Exercise description
Among the entries, which lines carry the string "OkayHeld"? Copy every one.

Stored records:
****

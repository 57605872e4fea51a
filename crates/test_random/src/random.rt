//! Numbers that look random, and are the same for the same seed.
ghost use Rattle.std.specs.Prelude.{◌<◌, ◌≤◌};

/// A linear congruential generator of 64 bits, of which the upper ones are used (Knuth, MMIX).
#[derive(Drop)]
pub struct Random {
    state: u64,
}

impl Random {
    /// The numbers of a seed.
    pub fn new(seed: u64) -> Random {
        Random { state: seed }
    }

    fn next(&mut self) -> u64 {
        self.state = self
            .state
            .wrapping_mul(6_364_136_223_846_793_005)
            .wrapping_add(1_442_695_040_888_963_407);
        self.state >> 40
    }

    /// A number below this one.
    pub fn below(&mut self, end: u32) -> u32
        requires { 0 < end }
        ensures { result < end }
    {
        (self.next() % u64::from(end)) as u32
    }

    /// A place in a list of so many.
    pub fn place(&mut self, len: usize) -> usize
        requires { 0 < len }
        ensures { result < len }
    {
        (self.next() % len as u64) as usize
    }

    /// True one time in so many.
    pub fn once_in(&mut self, times: u32) -> bool
        requires { 0 < times }
    {
        self.below(times) == 0
    }
}
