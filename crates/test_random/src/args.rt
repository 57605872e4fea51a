//! The arguments of a program.
use std::{env, io};

/// The words behind the program's name.
fn words(rt: &HostRuntime) -> io::Result<Vec<String>> {
    let mut args = env::args(rt)?;
    let _program = args.next();
    Ok(args.collect(rt.alloc())?)
}

/// The number at a place.
fn number(words: &[String], at: usize) -> u64 {
    match words.get(at) {
        Some(word) => word.parse::<u64>().unwrap_or(0),
        None => 0,
    }
}

/// The first two arguments: a seed, and how often. One that is missing, or is no number, counts as 0.
pub fn seed_and_count(rt: &HostRuntime) -> io::Result<(u64, u64)> {
    let words = words(rt)?;
    Ok((number(&words, 0), number(&words, 1)))
}
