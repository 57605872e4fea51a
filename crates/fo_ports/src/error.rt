//! Why calls on blocks are refused.
use fo_disk::DiskFault;
use thiserror::Error;

/// A call on blocks was refused.
#[derive(Clone, Copy, Debug, PartialEq, Eq, Error)]
pub enum BlockError {
    /// Too few blocks are usable.
    #[error("file system full")]
    Full,
    /// This block is not of its format; 1 where a score is not held.
    #[error("damaged block {0}")]
    Damaged(u32),
    /// The main device failed.
    #[error("main: {0}")]
    Fault(DiskFault),
    /// The arena's device failed.
    #[error("arena: {0}")]
    Arena(DiskFault),
    /// There is no memory.
    #[error("no memory")]
    Memory,
}

impl From<fo_base::Memory> for BlockError {
    ghost use Rattle.std.specs.Prelude.{◌≡◌};
    ghost use Rattle.fo_ports.specs.declared.error.BlockError.TheVariants.{Memory};

    ghost from_gives = { λ _ e. e ≡ Memory };

    fn from(_: fo_base::Memory) -> BlockError {
        BlockError::Memory
    }
}
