// Embosser files for programs in other languages.

ghost use Rattle.embosser.specs.declared.Kind.TheVariants.{Layout, File};
ghost use Rattle.calls.specs.Promises.{Converted};

// Writes the embosser file of a layout, which is judged first, and stores the answer's three
// values: number, place, bytes written. A refused call changes no byte of `out`, and a done one none
// beyond the bytes written. It needs 600 bytes of stack, whatever it is asked (bench/stack).
#[unsafe(no_mangle)]
pub extern "C" fn tlopahuexi_write_file(
    layout: &[u8],
    width: usize,
    length: usize,
    out: &mut [u8],
    answer: &mut [u64; 3],
)
    ensures { Converted Layout layout.now width length out.old out.new answer.new }
{
    tlopahuexi::tlopahuexi_write_file(layout, width, length, out, answer);
}

// Reads an embosser file as the layout that it was written from, as `tlopahuexi_write_file` writes
// one.
#[unsafe(no_mangle)]
pub extern "C" fn tlopahuexi_read_file(
    file: &[u8],
    width: usize,
    length: usize,
    out: &mut [u8],
    answer: &mut [u64; 3],
)
    ensures { Converted File file.now width length out.old out.new answer.new }
{
    tlopahuexi::tlopahuexi_read_file(file, width, length, out, answer);
}
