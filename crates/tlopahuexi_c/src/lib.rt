// The calls for programs in other languages: the archive that `bin/build archive tlopahuexi` writes
// defines them under their plain names, and include/tlopahuexi.h declares them. Each is the function
// of `tlopahuexi` with the same clauses. A slice crosses as its address, never null, and its length;
// bytes that are lent as `out` or `answer` are lent as nothing else in the same call.

#![tactic(auto)]

ghost use Rattle.calls.specs.Promises.{Pressed};

mod checking;
mod drawing;
mod filing;
mod inking;
mod moving;
mod stamping;

pub use checking::tlopahuexi_check;
pub use drawing::{tlopahuexi_make, tlopahuexi_show};
pub use filing::{tlopahuexi_read_file, tlopahuexi_write_file};
pub use inking::tlopahuexi_mark;
pub use moving::{tlopahuexi_date, tlopahuexi_undate};
pub use stamping::tlopahuexi_stamp;

// Embosses a text that is followed by the symbol `following`, which is only looked at, by the
// entries in force in `year`, and stores the answer's six values: number, place, bytes written,
// pieces, lines, pages. A refused call changes no byte of `out`, and a done one none beyond the
// bytes written. It needs 84,000 bytes of stack, whatever it is asked (bench/stack): a thread that
// calls it wants 96 KiB at least.
#[unsafe(no_mangle)]
pub extern "C" fn tlopahuexi_emboss(
    image: &[u8],
    text: &[u8],
    following: u8,
    year: u16,
    width: usize,
    length: usize,
    out: &mut [u8],
    answer: &mut [u64; 6],
)
    ensures { Pressed image.now text.now following year width length out.old out.new answer.new }
{
    tlopahuexi::tlopahuexi_emboss(image, text, following, year, width, length, out, answer);
}
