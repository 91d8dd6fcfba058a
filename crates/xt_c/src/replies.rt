//! Replies, written as a caller's words.

ghost use Rattle.std.specs.Prelude.{◌≡◌, ◌≤◌, length};
ghost use Rattle.xt_base.specs.declared.sizes.TheConstants.{BUSY_BLOCKS};
ghost use Rattle.xt_c.specs.Replies.{Shows, StandsIn, errno_in, held_in, number_in, pieces_in, room_after, word_in};

use crate::words::ReplyWords;
use xt_base::names::Block;
use xt_base::steps::{Errno, Reply};

/// The word of a reply.
fn word_in(reply: &Reply) -> u32
    ensures { result ≡ word_in reply.now }
{
    match reply {
        Reply::Okay => 0,
        Reply::OkayHeld(_) => 1,
        Reply::Life(_) => 2,
        Reply::Trans(_) => 3,
        Reply::Committed(_) => 4,
        Reply::CommittedHeld { number: _, held: _ } => 5,
        Reply::Aborted(_) => 6,
        Reply::Wait(_) => 7,
        Reply::Done => 8,
        Reply::Kept => 9,
        Reply::Free => 10,
        Reply::Data(_) => 11,
        Reply::Nothing => 12,
        Reply::Begun {
            number: _,
            pieces: _,
        } => 13,
        Reply::Landed(_) => 14,
        Reply::Failed(_) => 15,
        Reply::Flushed(_) => 16,
        Reply::Seen { life: _, reason: _ } => 17,
        Reply::Refused(_) => 18,
        Reply::Stat(_) => 19,
    }
}

/// Why it refuses; 0 where it doesn't.
fn errno_in(reply: &Reply) -> u32
    ensures { result ≡ errno_in reply.now }
{
    match reply {
        Reply::Refused(errno) => u32::from(errno.number()),
        Reply::Aborted(_) => u32::from(Errno::Io.number()),
        _ => 0,
    }
}

/// The number that it tells; 0 where it tells none.
fn number_in(reply: &Reply) -> u64
    ensures { result ≡ number_in reply.now }
{
    match reply {
        Reply::Life(life) => u64::from(life.0),
        Reply::Trans(trans) => trans.0,
        Reply::Committed(number)
        | Reply::Wait(number)
        | Reply::Landed(number)
        | Reply::Failed(number) => number.0,
        Reply::CommittedHeld { number, held: _ } => number.0,
        Reply::Begun { number, pieces: _ } => number.0,
        Reply::Flushed(count) => u64::from(*count),
        Reply::Seen { life, reason: _ } => u64::from(life.0),
        _ => 0,
    }
}

/// How many pieces a begun checkpoint has; else 0.
fn pieces_in(reply: &Reply) -> u32
    ensures { result ≡ pieces_in reply.now }
{
    match reply {
        Reply::Begun { number: _, pieces } => *pieces,
        _ => 0,
    }
}

/// The blocks that it leaves held.
fn held_in(reply: &Reply) -> &[Block]
    ensures value { result.now ≡ held_in reply.now }
    ensures few { length result.now ≤ BUSY_BLOCKS }
{
    match reply {
        Reply::OkayHeld(held) => held.blocks(),
        Reply::CommittedHeld { number: _, held } => held.blocks(),
        Reply::Aborted(held) => held.blocks(),
        _ => &[],
    }
}

/// Writes blocks from the front of a room on.
pub fn put_blocks(room: &mut [u64], blocks: &[Block])
    requires { length blocks.now ≤ length room.old }
    ensures { StandsIn blocks.now room.new }
{
    for k in 0..blocks.len() {
        let block = blocks[k];
        room[k] = block.0;
    }
}

/// Writes a reply as words.
pub fn put_reply(to: &mut ReplyWords, reply: &Reply)
    ensures { Shows reply.now to.new }
{
    to.word = word_in(reply);
    to.errno = errno_in(reply);
    to.number = number_in(reply);
    to.pieces = pieces_in(reply);
    let held = held_in(reply);
    to.held_count = held.len() as u32;
    put_blocks(&mut to.held, held);
}

/// Writes the content that a reply carries into a room of its length.
pub fn put_content(room: &mut [u8], reply: &Reply)
    ensures { room.new ≡ room_after reply.now room.old }
{
    if let Reply::Data(content) = reply {
        let bytes = content.bytes();
        if room.len() == bytes.len() {
            room.copy_from_slice(bytes);
        }
    }
}
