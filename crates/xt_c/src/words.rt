//! Requests and replies as plain numbers.

/// A request: its word, and the fields that the word reads; the others are not looked at.
#[repr(C)]
#[derive(Clone, Copy)]
pub struct RequestWords {
    pub word: u32,
    pub perm: u32,
    pub unit: u32,
    pub count: u32,
    pub first: u32,
    pub unused: u32,
    pub trans: u64,
    pub block: u64,
    pub number: u64,
}

/// A reply: its word, its error, its number and the blocks that stay held.
#[repr(C)]
#[derive(Drop)]
pub struct ReplyWords {
    pub word: u32,
    pub errno: u32,
    pub number: u64,
    pub pieces: u32,
    pub held_count: u32,
    pub held: [u64; 64],
}

/// The blocks of a flush: the first `count` of `blocks`.
#[repr(C)]
#[derive(Drop)]
pub struct PlanWords {
    pub count: u32,
    pub unused: u32,
    pub blocks: [u64; 8],
}

/// What a mount tells of itself, in the order of `Stat`. Counts are of transactions, blocks and jobs; `frozen` is 1 or 0; `cost`, `granted`, `used` and
/// `free` are in bytes of the log; `flight` and `least` are numbers of checkpoints, 0 for none.
#[repr(C)]
#[derive(Clone, Copy)]
pub struct StatWords {
    pub transactions: u32,
    pub busy: u32,
    pub idle: u32,
    pub committed: u32,
    pub active: u32,
    pub owed: u32,
    pub outstanding: u32,
    pub frozen: u32,
    pub cost: u32,
    pub granted: u32,
    pub used: u32,
    pub free: u32,
    pub flight: u64,
    pub least: u64,
}
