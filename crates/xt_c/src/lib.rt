//! One mount for C: calls in, replies out; the caller asks the devices itself.
//!
//! A caller holds a mount by a handle, which each call takes and leaves. Every export says what becomes of the mount that the handle
//! holds, and what the caller's structs and rooms get. Each tests what it is given: a caller owes only what the types say.
#![tactic(auto)]

mod calls;
mod changes;
mod checkpoints;
mod flushes;
mod handle;
mod holding;
mod jobs;
mod loose;
mod mapped;
mod mounts;
mod replies;
mod requests;
mod seals;
mod stat;
mod status;
mod words;
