//! Checkpoints: their pieces, and what the log answered.

ghost use Rattle.std.specs.Prelude.{◌≡◌, ◌≤◌, IfSome, None, Some, length, option_copied, slice_get, true};
ghost use Rattle.xt_base.specs.Alone.{has_begun};
ghost use Rattle.xt_base.specs.Jobs.{fits_pieces, flight_pieces};
ghost use Rattle.xt_c.specs.Holding.{held};
ghost use Rattle.xt_c.specs.Working.{IsPiece, IsPieceOf, IsWorked, begin_of, end_of, log_answers, wants_none, worked};

use crate::handle::Handle;
use crate::jobs::{begun, waiting};
use crate::replies::put_reply;
use crate::status::{refusal, status_of};
use crate::words::ReplyWords;
use bytes::Bytes;
use std::alloc::Global;
use xt_base::names::JobKind;
use xt_base::sizes::PIECE_BYTES;
use xt_base::steps::{Errno, LogAnswers};
use xt_mount::mount::Mount;

/// Begins a checkpoint that waits.
fn begin(mount: &mut Mount, serial: u64, reply: &mut ReplyWords) -> i32
    requires { mount.old.slot ≡ 0 }
    ensures begun { IsWorked has_begun (begin_of serial) (Some mount.old) result (worked reply.new (Some mount.new)) (worked reply.old (Some mount.old)) }
    ensures slot { mount.new.slot ≡ 0 }
{
    let Some(name) = waiting(mount, JobKind::Ckpt, serial) else {
        return refusal(Errno::Invalid);
    };
    let told = mount.begin(name);
    put_reply(reply, &told);
    status_of(&told)
}

/// Begins a checkpoint that was taken, and writes its reply; else EINVAL, and nothing is changed.
#[unsafe(no_mangle)]
pub extern "C" fn refskold_abi_begin(
    alloc: Global,
    handle: &mut Handle,
    serial: u64,
    reply: &mut ReplyWords,
) -> i32
    ensures { IsWorked has_begun (begin_of serial) (held handle.old) result (worked reply.new (held handle.new)) (worked reply.old (held handle.old)) }
{
    let Some(mut mount) = handle.take(alloc) else {
        return refusal(Errno::NoDevice);
    };
    let status = begin(&mut mount, serial, reply);
    handle.put(mount);
    status
}

/// The piece at a place.
fn piece_at(pieces: &[Bytes], index: usize) -> Option<&Bytes>
    ensures { option_copied result ≡ slice_get pieces.now index }
{
    pieces.get(index)
}

/// Copies a piece to the front of a room where it fits: its length.
fn put_piece(piece: &[u8], room: &mut [u8]) -> i32
    requires { length piece.now ≤ PIECE_BYTES }
    ensures { IsPiece (Some piece.now) result room.new room.old }
{
    if room.len() < piece.len() {
        return refusal(Errno::Invalid);
    }
    room[..piece.len()].copy_from_slice(piece);
    piece.len() as i32
}

/// Copies a piece of the checkpoint in flight to the front of a room: its length.
fn piece(mount: &Mount, index: u32, room: &mut [u8]) -> i32
    ensures { IsPieceOf index (Some mount.now) result room.new room.old }
{
    match piece_at(mount.pieces(), index as usize) {
        Some(piece) => put_piece(piece.as_slice(), room),
        None => refusal(Errno::Invalid),
    }
}

/// Copies a piece of the checkpoint in flight to the front of the room: its length, 1 to 4,096. EINVAL where there is none, or it does
/// not fit, and nothing is written.
#[unsafe(no_mangle)]
pub extern "C" fn refskold_abi_piece(
    alloc: Global,
    handle: &mut Handle,
    index: u32,
    room: &mut [u8],
) -> i32
    ensures piece { IsPieceOf index (held handle.old) result room.new room.old }
    ensures same { held handle.new ≡ held handle.old }
{
    let Some(mount) = handle.take(alloc) else {
        return refusal(Errno::NoDevice);
    };
    let status = piece(&mount, index, room);
    handle.put(mount);
    status
}

/// What the log answered: how many pieces it took, and where that is all of them, whether the sync was good.
fn log_answers(taken: u32, synced: u32, pieces: usize) -> Option<LogAnswers>
    ensures value { result ≡ log_answers taken synced pieces }
    ensures fits { IfSome result (λ answers. fits_pieces answers pieces ≡ true) }
{
    if taken as usize == pieces {
        let sync = Some(synced != 0);
        return Some(LogAnswers { taken, sync });
    }
    if (taken as usize) < pieces {
        return Some(LogAnswers { taken, sync: None });
    }
    None
}

/// Ends the checkpoint that is begun.
fn end(mount: &mut Mount, serial: u64, taken: u32, synced: u32, reply: &mut ReplyWords) -> i32
    requires { mount.old.slot ≡ 0 }
    ensures ended { IsWorked wants_none (end_of serial taken synced) (Some mount.old) result (worked reply.new (Some mount.new)) (worked reply.old (Some mount.old)) }
    ensures slot { mount.new.slot ≡ 0 }
{
    let Some(name) = begun(mount, serial) else {
        return refusal(Errno::Invalid);
    };
    let Some(answers) = log_answers(taken, synced, mount.pieces().len()) else {
        return refusal(Errno::Invalid);
    };
    let told = mount.end(name, answers);
    put_reply(reply, &told);
    status_of(&told)
}

/// Ends the checkpoint in flight by what the log answered, and writes its reply; else EINVAL, and nothing is changed.
#[unsafe(no_mangle)]
pub extern "C" fn refskold_abi_end(
    alloc: Global,
    handle: &mut Handle,
    serial: u64,
    taken: u32,
    synced: u32,
    reply: &mut ReplyWords,
) -> i32
    ensures { IsWorked wants_none (end_of serial taken synced) (held handle.old) result (worked reply.new (held handle.new)) (worked reply.old (held handle.old)) }
{
    let Some(mut mount) = handle.take(alloc) else {
        return refusal(Errno::NoDevice);
    };
    let status = end(&mut mount, serial, taken, synced, reply);
    handle.put(mount);
    status
}
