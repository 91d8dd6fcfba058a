//! The mount of a handle, taken out and put in.

ghost use Rattle.std.specs.Prelude.{◌≡◌, ◌==◌, not, false, Some, None, IfSome, IsNone, OnErr, IfNone};
ghost use Rattle.xt_c.specs.Holding.{held};

use crate::handle::Handle;
use crate::loose::Loose;
use std::alloc::Global;
use xt_mount::mount::Mount;

impl Handle {
    /// Whether it holds a mount.
    fn is_open(&mut self) -> bool
        ensures holds { result ≡ not (self.old.holds == 0) }
        ensures same { self.new ≡ self.old }
    {
        self.holds != 0
    }

    /// Its mount, in a box again.
    fn take_box(&mut self, alloc: Global) -> Box<Mount>
        requires { (self.old.holds == 0) ≡ false }
        ensures taken { Some result.value ≡ held self.old }
        ensures slot { result.value.slot ≡ 0 }
        ensures left { held self.new ≡ None }
    {
        self.holds = 0;
        unsafe { Box::from_raw(alloc, self.at as *mut Mount) }
    }

    /// Keeps a mount.
    fn keep(&mut self, mount: Loose<Mount, Global>)
        requires { mount.value.slot ≡ 0 }
        ensures { held self.new ≡ Some mount.value }
    {
        let Loose { at, alloc: _alloc } = mount;
        self.at = at as *mut u8;
        self.holds = 1;
    }

    /// Its mount, which it holds no more; None where it holds none.
    pub fn take(&mut self, alloc: Global) -> Option<Box<Mount>>
        ensures taken { IfSome result (λ mount. held self.old ≡ Some mount.value) }
        ensures slot { IfSome result (λ mount. mount.value.slot ≡ 0) }
        ensures left { held self.new ≡ None }
        ensures none { IfNone result (held self.old ≡ None) }
    {
        if self.is_open() {
            Some(self.take_box(alloc))
        } else {
            None
        }
    }

    /// Puts a mount in.
    pub fn put(&mut self, mount: Box<Mount>)
        requires { mount.value.slot ≡ 0 }
        ensures { held self.new ≡ Some mount.value }
    {
        self.keep(Loose::of(mount));
    }
}
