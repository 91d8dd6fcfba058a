//! What an export returns: 0 or more, or an errno of Linux, negative.

ghost use Rattle.std.specs.Prelude.{◌≡◌, pos};
ghost use Rattle.xt_c.specs.Status.{refusal, status_of};

use xt_base::steps::{Errno, Reply};

/// A refusal: its errno, negative.
pub fn refusal(errno: Errno) -> i32
    ensures { result ≡ refusal errno }
{
    match errno {
        Errno::Io => -5,
        Errno::Again => -11,
        Errno::NoMemory => -12,
        Errno::Busy => -16,
        Errno::NoDevice => -19,
        Errno::Invalid => -22,
        Errno::NoSpace => -28,
        Errno::NoBufs => -105,
        Errno::Stale => -116,
    }
}

/// What a served call or job returns: 0, or what it was refused with.
pub fn status_of(reply: &Reply) -> i32
    ensures { result ≡ status_of reply.now }
{
    match reply {
        Reply::Refused(errno) => refusal(*errno),
        Reply::Aborted(_) => refusal(Errno::Io),
        _ => 0,
    }
}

****

Your response
        Reply::OkayHeld(_) => 1,
        Reply::OkayHeld(held) => held.blocks(),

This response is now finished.